Não foram poucas as tentativas de engravidar. Ruth e Igor, o marido, sonhavam em preencher o sofá. Comprar os brinquedos, vestir as roupinhas, matricular na escola. Mas o consolo nunca vinha, apesar de também não haver frustração. Eram apenas sinais de que ainda não. Não era a hora. A filiação à Acalanto Fortaleza representava talvez a extensão do querer: em algum lugar, uma família também sonharia com brinquedos, roupinhas e estudo. Queriam ser felizes. E Ruth emplacaria esse desejo. Colorir o universo.

Não imaginou, porém, que a vontade faria parto fora dela. Alguém gestou a vida de Janaína e a vida de Janaína foi gestada aqui fora – embora entre muros, recusas, coisas passíveis de severa adaptação. Até Ruth conseguir adotar a menina, foi outro parto. Cirurgia dolorosa e de risco. Ainda que voluntária na Acalanto Fortaleza, ela nunca pretendeu adotar alguém. Logo, não constava em nenhuma fila de adoção. Mas precisou entrar. E aguardar. E sofrer.

É que não suportava mais a vida sem Janaína. Ela precisava vir, como quem volta, para o colo que passou a mantê-la. Foram meses de espera e choro. Lembra a madrugada do início do texto, soluço baixo de dor? Toda vez que a já filha ia para um novo espaço de acolhimento ou era abraçada por uma nova família, o desespero se achegava. Silencioso, esmagava. Mas também era combustível. Não desistiria.

Em uma manhã de surpresa alguma, o telefone tocou: “Ruth, quer conhecer uma criança?”. Era ela. Sempre foi ela. Agora, de verdade. Janaína vinha. “O amor que sinto pela minha filha é tão grandioso que o universo até parece um grão de areia”. 

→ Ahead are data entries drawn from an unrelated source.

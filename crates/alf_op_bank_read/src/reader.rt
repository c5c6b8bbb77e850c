// The reading state, which holds the lent file and a position in it, and what stands there.
ghost use Rattle.std.specs.Prelude.{◌≡◌};
ghost use Rattle.alf_op_bank_read.specs.Fields.{Seen};

use crate::Step;
use crate::fields::{id_of, length_of, order_of};
use crate::judge::filter_fault;
use alf_spec::Fault;

// A bank file that is being read, and a position in it.
#[derive(Clone, Copy)]
pub struct BankReader<'a> {
    pub file: &'a [u8],
    pub here: Step,
}

impl<'a> BankReader<'a> {
    // What stands at a position after tag 1: nothing where the file ends, else a filter's field, behind which the reading goes on, or its
    // lowest fault. Clips go up to the limit.
    pub fn step(self, limit: usize) -> Result<Option<Step>, Fault>
        ensures { Seen result self.entry.file.now self.entry.here.at limit self.entry.here.from }
    {
        let here = self.here;
        if self.file.len() <= here.at {
            return Ok(None);
        }
        let field = &self.file[here.at..];
        filter_fault(field, limit, here.from)?;
        Ok(Some(Step {
            at: here.at + (3 + length_of(field)),
            from: order_of(id_of(field)) + 1,
        }))
    }
}
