// The rows and columns that the taps of a sample read, and their coefficients.
ghost use Rattle.std.specs.Prelude.{◌≡◌, ◌+◌, ◌≤◌, length};
ghost use Rattle.alf_spec.specs.CrossComponent.{cross_rows};
ghost use Rattle.alf_cross.specs.Taps.{cross_starts_of, seven};
ghost use Rattle.alf_cross.specs.Pieces.{cross_rows_of};

use crate::kernel::CrossStarts;
use crate::split::column_index;
use alf_boundary::clips::line_rule;
use alf_spec::CrossRows;

// Table 47, by the distance of the luma row from the bottom of its CTB.
#[tactic(auto, unfolding(alf_spec::specs::CrossComponent::cross_rows))]
fn cross_rows(line: bool, distance: u32) -> CrossRows
    ensures { result ≡ cross_rows line distance }
{
    let (y1, y2) = match (line, distance) {
        (true, 5 | 4) => (0, 0),
        (true, 6 | 3) => (1, 1),
        _ => (1, 2),
    };
    CrossRows { y1, y2 }
}

// Table 47 at luma row y.
pub(crate) fn rows_at(height: u32, ctb: u32, y: u32) -> CrossRows
    requires { (4 ≤ ctb) × (ctb ≤ 128) × (y ≤ 65535) }
    ensures { result ≡ cross_rows_of height ctb y }
{
    cross_rows(line_rule(height, ctb, y), ctb - y % ctb)
}

// What the taps of samples read whose luma row is row j of the copy, where a row of the copy has `pitch` samples.
pub(crate) fn cross_starts(pitch: usize, j: usize, r: CrossRows, step: usize) -> CrossStarts
    requires { (pitch ≤ 134) × (r.y1 ≤ j) × (j + r.y1 ≤ 134) × (j + r.y2 ≤ 134) }
    ensures { result ≡ cross_starts_of pitch j r step }
{
    let y1 = r.y1 as usize;
    let y2 = r.y2 as usize;
    CrossStarts {
        above1: (j - y1) * pitch,
        here: j * pitch,
        below1: (j + y1) * pitch,
        below2: (j + y2) * pitch,
        left: column_index(pitch, step, 2),
        own: column_index(pitch, step, 3),
        right: column_index(pitch, step, 4),
    }
}

// The coefficients of a CTB: the first seven of its numbers.
pub(crate) fn coefficients(filters: &[i16]) -> [i16; 7]
    requires { 7 ≤ length filters.now }
    ensures { result ≡ seven filters.now }
{
    [
        filters[0], filters[1], filters[2], filters[3], filters[4], filters[5], filters[6],
    ]
}
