// Storing the filters of an accepted bank file.
ghost use Rattle.std.specs.Prelude.{◌≡◌, ◌+◌, ◌≤◌, ◌<◌, pos, length, get_or, drop};
ghost use Rattle.alf_lists.specs.Overwrite.{overwrite};
ghost use Rattle.alf_bank.specs.Filters.{shape_of, count_of, start_of};
ghost use Rattle.alf_bank.specs.Reading.{tag_of, id_of, signed_byte, coeff_at, clip_at, field_numbers, fields, filters_fault, filled};
ghost use Rattle.alf_op_bank_read.specs.Fields.{Reaches, Storable};

use crate::START;
use crate::fields::{clip_word, id_of};
use crate::reader::BankReader;
use alf_bank::filters::{count_of, shape_of, start_of};

// A byte in two's complement.
#[tactic(auto, unfolding(alf_bank::specs::Reading::signed_byte))]
fn signed_byte(b: u8) -> i16
    ensures { result ≡ signed_byte b }
{
    i16::from(b.cast_signed())
}

// Coefficient j of a filter's field.
#[tactic(auto, unfolding(alf_bank::specs::Reading::coeff_at))]
fn coeff_number(field: &[u8], j: usize) -> i16
    requires { Reaches field.now × (j < (shape_of (tag_of field.now)).coeffs) }
    ensures { result ≡ coeff_at field.now j }
{
    let k = shape_of(field[0]).leads + j;
    signed_byte(field[3 + k])
}

// Clip j of a filter's field, as a number of a bank in memory.
fn clip_number(field: &[u8], j: usize) -> i16
    requires { Storable field.now × (j < (shape_of (tag_of field.now)).clips) }
    ensures { result ≡ pos (clip_at field.now j) }
{
    clip_word(field, j) as i16
}

// Number j of a filter's field: the coefficients come first, then the clips.
fn number_at(field: &[u8], j: usize) -> i16
    requires { Storable field.now × (j < count_of (shape_of (tag_of field.now))) }
    ensures { result ≡ get_or (field_numbers field.now) j (pos 0) }
{
    let coeffs = shape_of(field[0]).coeffs;
    if j < coeffs {
        coeff_number(field, j)
    } else {
        clip_number(field, j - coeffs)
    }
}

// Stores the numbers of a filter's field in a bank, from place `start` on.
fn fill_field(field: &[u8], bank: &mut [i16], start: usize)
    requires { Storable field.now × (start + count_of (shape_of (tag_of field.now)) ≤ length bank.old) }
    ensures { bank.new ≡ overwrite start (field_numbers field.now) bank.old }
{
    for j in 0..count_of(field[0]) {
        bank[start + j] = number_at(field, j);
    }
}

// Stores the filter whose field stands at a position of a file.
fn store_at(file: &[u8], at: usize, bank: &mut [i16])
    requires { (at ≤ length file.now) × Storable (drop at file.now)
        × (start_of (id_of (drop at file.now)) + count_of (shape_of (tag_of (drop at file.now))) ≤ length bank.old) }
    ensures { bank.new ≡ overwrite (start_of (id_of (drop at file.now)))
        (field_numbers (drop at file.now)) bank.old }
{
    let field = &file[at..];
    fill_field(field, bank, start_of(id_of(field)));
}

// Stores the filters of all fields after tag 1 of an accepted file.
pub fn fill_bank(file: &[u8], limit: usize, bank: &mut [i16])
    requires { (4 ≤ length file.now) × (limit ≤ 4096) × (length bank.old ≡ 6016)
        × (filters_fault limit 0 (fields (drop 4 file.now) 0) ≡ 0) }
    ensures { bank.new ≡ filled bank.old (fields (drop 4 file.now) 0) }
{
    let mut reader = BankReader { file, here: START };
    // stays a `while`: a step is as long as its field says, so that no index is counted and no number of turns is known before
    while let Ok(Some(next)) = reader.step(limit) {
        store_at(reader.file, reader.here.at, bank);
        reader.here = next;
    }
}
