// The cross-component filter of a piece of a CTB.
ghost use Rattle.std.specs.Prelude.{◌≡◌, ℕ, ◌/◌, ◌≤◌, ◌<◌, length};
ghost use Rattle.alf_spec.specs.Lists.{painted};
ghost use Rattle.alf_spec.specs.Input.{Input};
ghost use Rattle.alf_spec.specs.Geometry.{sub_width, sub_height, luma_plane, chroma_plane};
ghost use Rattle.alf_spec.specs.Boundary.{column_side, row_side};
ghost use Rattle.alf_spec.specs.CrossComponent.{cross_sample};
ghost use Rattle.alf_spec.specs.Process.{at_index};
ghost use Rattle.alf_spec.specs.declared.Ctb.{Ctb};
ghost use Rattle.alf_lists.specs.Regions.{in_rect};
ghost use Rattle.alf_pieces.specs.Pieces.{PieceOf, BlockPiece, CtbOf};
ghost use Rattle.alf_pieces.specs.Copies.{copy_length};
ghost use Rattle.alf_cross.specs.Pieces.{CrossPlanes, CrossWork, SmallCopy, CrossFilter, cross_row_of, split_cross_at};

use crate::kernel::{CrossRow, cross_row};
use crate::rows::{coefficients, cross_starts, rows_at};
use crate::source::CrossSource;
use crate::split::split_rows;
use alf_math::grid::{sub_height, sub_width};
use alf_pieces::copies::{copy_piece, extent, plane_index};
use alf_pieces::luma_pieces::LumaPiece;
use alf_pieces::pieces::Piece;
use alf_spec::{Grid, Picture, Sides};

// The piece's samples in row v of the chroma plane.
fn piece_row(piece: LumaPiece, v: u32) -> CrossRow
    requires { (piece.rows.start / sub_height piece.picture ≤ v) × (v < piece.rows.end / sub_height piece.picture) }
    ensures { result ≡ cross_row_of piece.picture piece.grid.ctb piece.columns piece.rows v }
{
    let picture = piece.picture;
    let step = sub_width(picture);
    let y = v * sub_height(picture);
    let width = extent(piece.columns);
    let offsets = rows_at(picture.height, piece.grid.ctb, y);
    CrossRow {
        starts: cross_starts(
            width + 6,
            (y - piece.rows.start) as usize + 3,
            offsets,
            step as usize,
        ),
        from: plane_index(picture.width / step, v, piece.columns.start / step),
        n: width / step as usize,
    }
}

// The piece's samples, from its split copy.
fn piece_rows(piece: LumaPiece, split: &[u16], chroma: &[u16], filters: &[i16], output: &mut [u16])
    requires { (CrossPlanes piece.picture piece.grid chroma.now filters.now (length output.old))
        × (SmallCopy split.now (copy_length piece.columns piece.rows)) }
    ensures { output.new ≡ painted output.old
        (in_rect (piece.picture.width / sub_width piece.picture) (piece.columns.start / sub_width piece.picture)
        (piece.columns.end / sub_width piece.picture) (piece.rows.start / sub_height piece.picture)
        (piece.rows.end / sub_height piece.picture))
        (split_cross_at piece.picture piece.grid.ctb filters.now split.now chroma.now piece.columns piece.rows) }
{
    let picture = piece.picture;
    let source = CrossSource {
        split,
        chroma,
        coeffs: coefficients(filters),
        depth: picture.bit_depth as u32,
    };
    let ratio = sub_height(picture);
    for v in piece.rows.start / ratio..piece.rows.end / ratio {
        cross_row(&source, piece_row(piece, v), output);
    }
}

// The piece's samples: those of every input in which a CTB has these sides, the piece is one of its pieces, and the coefficients are the
// CTB's. The columns of its copy are split where each chroma sample has two; else neighbours stand side by side already.
pub fn filter_piece(
    picture: Picture,
    grid: Grid,
    sides: Sides,
    columns: Piece,
    rows: Piece,
    luma: &[u16],
    chroma: &[u16],
    filters: &[i16],
    copy: &mut [u16],
    split: &mut [u16],
    output: &mut [u16],
)
    requires { (CrossWork picture grid luma.now chroma.now filters.now (length copy.old) (length split.old)
        (length output.old))
        × (BlockPiece picture.width columns) × (BlockPiece picture.height rows) }
    ensures { (i : Input) (c : Ctb) (component : ℕ) → CtbOf i.layout picture c sides
        → i.luma ≡ luma.now → i.chroma ≡ chroma.now → CrossFilter i c component filters.now
        → PieceOf (luma_plane i.layout).columns (column_side i.layout c) c.column columns
        → PieceOf (luma_plane i.layout).rows (row_side i.layout c) c.row rows
        → output.new ≡ painted output.old
        (in_rect (picture.width / sub_width picture) (columns.start / sub_width picture) (columns.end / sub_width picture)
        (rows.start / sub_height picture) (rows.end / sub_height picture))
        (at_index (chroma_plane i.layout) (cross_sample i component)) }
{
    let piece = LumaPiece {
        picture,
        grid,
        columns,
        rows,
    };
    copy_piece(luma, picture.width as usize, columns, rows, sides, copy);
    if sub_width(picture) == 2 {
        split_rows(copy, extent(columns) + 6, extent(rows) + 6, split);
        piece_rows(piece, split, chroma, filters, output);
    } else {
        piece_rows(piece, copy, chroma, filters, output);
    }
}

E foi de grãozinhos construído o carinho. Por conta da jornada tão árdua até ali, Janaína precisou de acompanhamento psicológico e medicações. Era acometida de algumas limitações, haveriam de trabalhar nisso também. A força-tarefa converteu-se em fortaleza. A menina chegou à definitiva família com cinco anos e 11 meses de idade. Era 22 de março de 2016. 

Enquanto conto esta história, é possível que Ronda, a vira-lata do clã, esteja engalfinhada com algo, brincando de viver. E Janaína talvez olhe para a mãe, o pai e a irmã que ganhou do pai, Ellen. Aquela bebê do retrato-parto hoje tem 12 anos. Gosta de nadar, sorrir, estar nos grupos do WhatsApp. É firme e atenta. Não é mais canoa no meio do mar. Ninguém é, né? A gente só precisa se espantar com as coisas certas. 

Na travessia de pequenos grandes calvários de um corpinho tão miúdo, Janaína me permite completar o texto de Rubem Braga com a leveza de quem descobriu um novo ser dentro de si. Ruth ouve tudo junto a ela, não desgruda mais. Diz assim: “A nossa vida não é apenas esta velha canoa, esta vela encardida e pequena, este remo úmido. Somos gente da terra, sem nenhuma evasão nem mistério. Conversamos”. Quer saber, Rubem? Acreditamos. E amamos.